My husband and I have 3 girls, 2 bio (4 and 5) and 1 adopted (Avery 12). Avery is my friend’s daughter. When Avery was 8 her parents passed in a car accident. Over the next 3.5 years she was passed around to different family members across multiple states. One person/family would take her, promise she can stay with them, then within 6 months she was shipped off to the next person.
She’s been with us for 6 months and it’s definitely a challenge. She has pretty bad abandonment issues so she has a tendency to test us or act up to try to get us to give her away. She’s even run away twice.
Anyway, we don’t have many pictures of Avery in the house. She hates her school picture so I’m not allowed to put those up and she doesn’t usually like it when I take pictures of her.
We just took a vacation and I told Avery we were going to be taking family pictures while we were there. I also booked an individual session for Avery so I can get some pictures of just her.
Throughout the trip I also made sure to get pictures of Avery, some with the other kids but mostly pictures of her at the beach, in front of a waterfall, and just at random points on the trip.
I was getting the pictures developed and my husband commented that the only pictures I took were family pictures, pictures of all of the kids, or only pictures of Avery. I told him I wanted pictures of her to put up around the house since right now we only have pictures of our bio kids.
He thinks it’s not fair to our bio kids that I only focused on Avery when I was getting the pictures and that once everything is framed and put up around the house the girls are going to think this vacation was all about Avery. Now I’m wondering if focusing on her on this trip was unfair to the other girls or if it looks like favoritism.
NTA- how many pictures did HE take? Why is it all on you to take pictures of everyone?
This is an equity vs equality issue. You are giving equity. This is something Avery needed. She hasn’t felt loved in a long time, hasn’t felt special, and hasn’t felt a part of a family. You wanted to give her that. Your bio kids have had that since they were born and were ok just having family pictures taken.
Your husband believes in equality, that everyone should get the exact same thing so they don’t start feeling jealous of each other. This is a pretty common debate these days and I don’t know if there is a right or wrong. NAH, BUT I would sit down with your husband and get on the same page moving forward in terms of parenting philosophies.
NTA. You bio kids seem to be at an age where they're probably not going to even notice the "extra pictures of Avery only". They had fun on vacation. That's what they'll remember. But Avery is sure going to notice that you are including her in your family and that she is part of it now.
I think that as long as you have mostly the same amount of pictures of each kid hanging up when you’re done that it’s fair. You took more pictures of Avery on this ONE vacation because you probably don’t have a backlog of photos to choose from like you do from having years with your bio kids. Sometimes you have to make things equitable and not exactly equal.

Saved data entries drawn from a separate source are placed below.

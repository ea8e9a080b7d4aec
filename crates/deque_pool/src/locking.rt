//! How a worker comes by the board's lock: it tries for a while, and then sleeps (spin, then block).

use shared_run::{Bench, Board, Shared};
use std::hint::spin_loop;
use std::sync::{MutexGuard, Wait};

/// How often the lock is tried before the worker sleeps until it is free: for some thirty microseconds, where a publication holds it for one on average (0.4 to
/// 1.1 in a port to plain Rust).
const TRIES: u32 = 24;

/// The longest pause between two tries, in turns of a loop that does nothing. Shorter ones take the lock's word from its holder's processor more often, after
/// longer ones a free lock is found later.
const LONGEST_PAUSE: u32 = 32;

/// Lets some time go by.
pub(crate) fn pause(turns: u32) {
    for _turn in 0..turns {
        spin_loop();
    }
}

/// The board in its lock. Each call holds the lock for some microseconds at most. To sleep and be woken takes longer, and while one worker sleeps so do all
/// that come after it: so the lock is tried for a while before.
pub(crate) fn locked<'b, 'a, L: Bench, R: Wait>(
    rt: &R,
    shared: &'b Shared<'a, L>,
) -> MutexGuard<'b, Board<'a, L>> {
    let mut turns = 1;
    for _try in 0..TRIES {
        if let Some(board) = shared.board.try_lock() {
            return board;
        }
        pause(turns);
        turns = turns.saturating_mul(2).min(LONGEST_PAUSE);
    }
    shared.board.lock(rt)
}
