//! The terms and the constant of a form, lent to who compares two forms.

ghost use Rattle.std.specs.Prelude.{◌≡◌, ◌<◌, ◌^◌, unsigned_abs};
ghost use Rattle.linear.specs.Forms.{AreSmall, IsRising};
ghost use Rattle.linear.specs.Lookup.{looked_up};

use crate::form::{Form, RegisterId, Term};

/// The terms and the constant of a form.
#[derive(Clone, Copy)]
pub struct Side<'a> {
    pub terms: &'a [Term],
    pub constant: i128,
}

/// A form's terms, which rise, and its constant, within their bounds.
pub fn side_of(form: &Form) -> Side<'_>
    ensures terms { result.terms.now ≡ form.now.terms }
    ensures constant { result.constant ≡ form.now.constant }
    ensures rising { IsRising result.terms.now }
    ensures small { AreSmall result.terms.now }
    ensures small_constant { unsigned_abs result.constant < 2 ^ 100 }
{
    Side {
        terms: form.terms.as_slice(),
        constant: form.constant,
    }
}

/// The coefficient of a register, 0 where the terms have none.
pub fn coefficient(terms: &[Term], register: RegisterId) -> i64
    ensures value { result ≡ looked_up terms.now register.0 }
    ensures small { AreSmall terms.now → unsigned_abs result < 2 ^ 24 }
{
    for term in terms {
        if term.register.0 == register.0 {
            return term.coefficient;
        }
    }
    0
}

NTA. Unless the husband points it out, the kids wont notice, but the adopted daughter definitely will. Just make sure to put the family and group shots in prominent places. Put the single ones of A with the existing single shots of your kids.

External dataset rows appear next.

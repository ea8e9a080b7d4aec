//! `run` and `run_recorded`: a run on threads of its own, or on one if it is short (thread pool).
ghost use Rattle.std.specs.Prelude.{◌≡◌, Err, IfOk, true};
ghost use Rattle.shared_run.specs.schedule_core.Admission.{IsAdmitted, IsNumberOfWorkers};
ghost use Rattle.shared_run.specs.store.Made.{IsMadeFor};
ghost use Rattle.shared_run.specs.Answer.{IsSerialAnswer, LeadTo};
ghost use Rattle.shared_run.specs.Launching.{start_of};
ghost use Rattle.deque_pool.specs.Gates.{WasAsked, WasStopped};

use crate::alone::run_alone;
use crate::gate::Gate;
use crate::recorded::Recorded;
use crate::rounds::run_by;
use shared_run::{Finished, Keeping, Launch, RunFault, Verified};
use std::alloc::Global;
use std::marker::Brand;
use std::sync::Wait;
use std::sync::ledger::Blank;
use std::thread::Threads;
use std::time::Clock;

/// The most instructions of a run that one worker does whatever others there are: it takes less than a millisecond, and to start them takes about as long.
const SHORT: u64 = 65_536;

/// Whether the run is one worker's: where there is one, and where no gate watches and the budget is that of a short run.
fn is_for_one<G: Gate>(verified: &Verified, workers: usize, gate: &G) -> bool
    ensures number { result ≡ true → IsNumberOfWorkers workers }
    ensures one { workers ≡ 1 → result ≡ true }
{
    match workers {
        1 => true,
        2..=64 => !gate.watches() && verified.budget() <= SHORT,
        _ => false,
    }
}

/// Runs a module on so many workers, each on a thread of its own: worker 0 on the calling thread, and the others on threads that have
/// ended when this returns. Where no gate watches they are started when there is something to steal, and in a short run not at all: one with a
/// budget of 65,536 is the serial run. Where a thread cannot be started the run goes on with fewer. Whatever the threads do, the answer is that
/// of the serial meaning. The gate is passed before each strand of a worker.
///
/// # Errors
///
/// 801 where the arguments are not those of `main`, then 802 where there are not from 1 to 64 workers; both hand the memory back.
/// 803 where memory is refused, and 804 where the gate stops the run; a run that has ended all the same has its answer.
pub fn run<G: Gate + Sync, R: Threads + Wait + Clock + Sync>(
    rt: &R,
    alloc: Global,
    launch: Launch<'_>,
    gate: &G,
) -> Result<Finished, RunFault>
    requires made { IsMadeFor launch.verified.now launch.memory }
    ensures answer { IfOk result (λ done. IsSerialAnswer (start_of launch.entry) done) }
    ensures admitted { IsAdmitted launch.entry.verified.now launch.entry.arguments.now launch.entry.memory launch.entry.workers result }
    ensures asked { launch.entry.workers ≡ 1 → IfOk result (λ done. WasAsked (G.says gate.now) done.instructions) }
    ensures stopped { launch.entry.workers ≡ 1 → result ≡ Err RunFault.Stopped → WasStopped (G.says gate.now) }
{
    if is_for_one(launch.verified, launch.workers, gate) {
        let Launch {
            verified,
            arguments,
            memory,
            workers: _,
        } = launch;
        return run_alone(rt, alloc, verified, arguments, memory, gate);
    }
    let blank = Blank::new(launch.workers as u64);
    match run_by::<Brand, G, R>(rt, alloc, launch, gate, Keeping::Nothing, blank) {
        Ok(recorded) => Ok(recorded.finished),
        Err(fault) => Err(fault),
    }
}

/// As [`run`], with the events that were done and what each worker did. One worker too has a board here, so that its events are kept.
///
/// # Errors
///
/// Those of [`run`]; 803 too where the history is refused memory.
pub fn run_recorded<G: Gate + Sync, R: Threads + Wait + Clock + Sync>(
    rt: &R,
    alloc: Global,
    launch: Launch<'_>,
    gate: &G,
) -> Result<Recorded, RunFault>
    requires made { IsMadeFor launch.verified.now launch.memory }
    ensures answer { IfOk result (λ run. IsSerialAnswer (start_of launch.entry) run.finished) }
    ensures replays { IfOk result (λ run. LeadTo (start_of launch.entry) run.history.events run.finished) }
    ensures kept { IfOk result (λ run. run.history.keeping ≡ Keeping.Events) }
    ensures admitted { IsAdmitted launch.entry.verified.now launch.entry.arguments.now launch.entry.memory launch.entry.workers result }
{
    let blank = Blank::new(launch.workers as u64);
    let run = run_by::<Brand, G, R>(rt, alloc, launch, gate, Keeping::Events, blank)?;
    match run.history.keeping() {
        Keeping::Events => Ok(run),
        // No contract tells what stands behind a lock.
        Keeping::Nothing => Err(RunFault::OutOfMemory),
    }
}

All your kids will notice is that A now has pictures of herself next to theirs. One will likely loudly and happily shout "Look A! Your next to me here!" Remind hubby to not make an issue of it as your kids wont. They will, when older, understand you were playing catch up. Just in the future, remember to get some individual of everyone and various groupings.
adoptedpictures (OP)
I am planning to put her pictures with the other individual pictures of the kids.
NTA. This is a perfect example to talk about equity vs equality. If you treat everyone equally, you do nothing to help those who started with less.
Avery started with little to no pictures around the house, whereas your other children did. Right now you are trying to help Avery reach the same point as your other kids. Who cares if they think this vacation was just for her? They still went and (presumably) had fun right?
NTA. If he’s so concerned, shouldn’t he take some photos as well?
🎯 BINGO! So true. Too many families have tons of pictures taken at major events with mom always missing because she is expected to be the only one responsible for documenting the memories everyone is making…..
NTA but your husband is expressing an anxiety that he has about this setup. I’d suggest exploring that with him rather than making him an AH for this.
NTA. You didn't just take pictures of her. You took many of just her because your putting thought into her well being. Your bio children haven't lost everyone and been shipped around like luggage. Did your husband not want her? I do suggest each of you spending one on one time with each child to keep from having resentment build.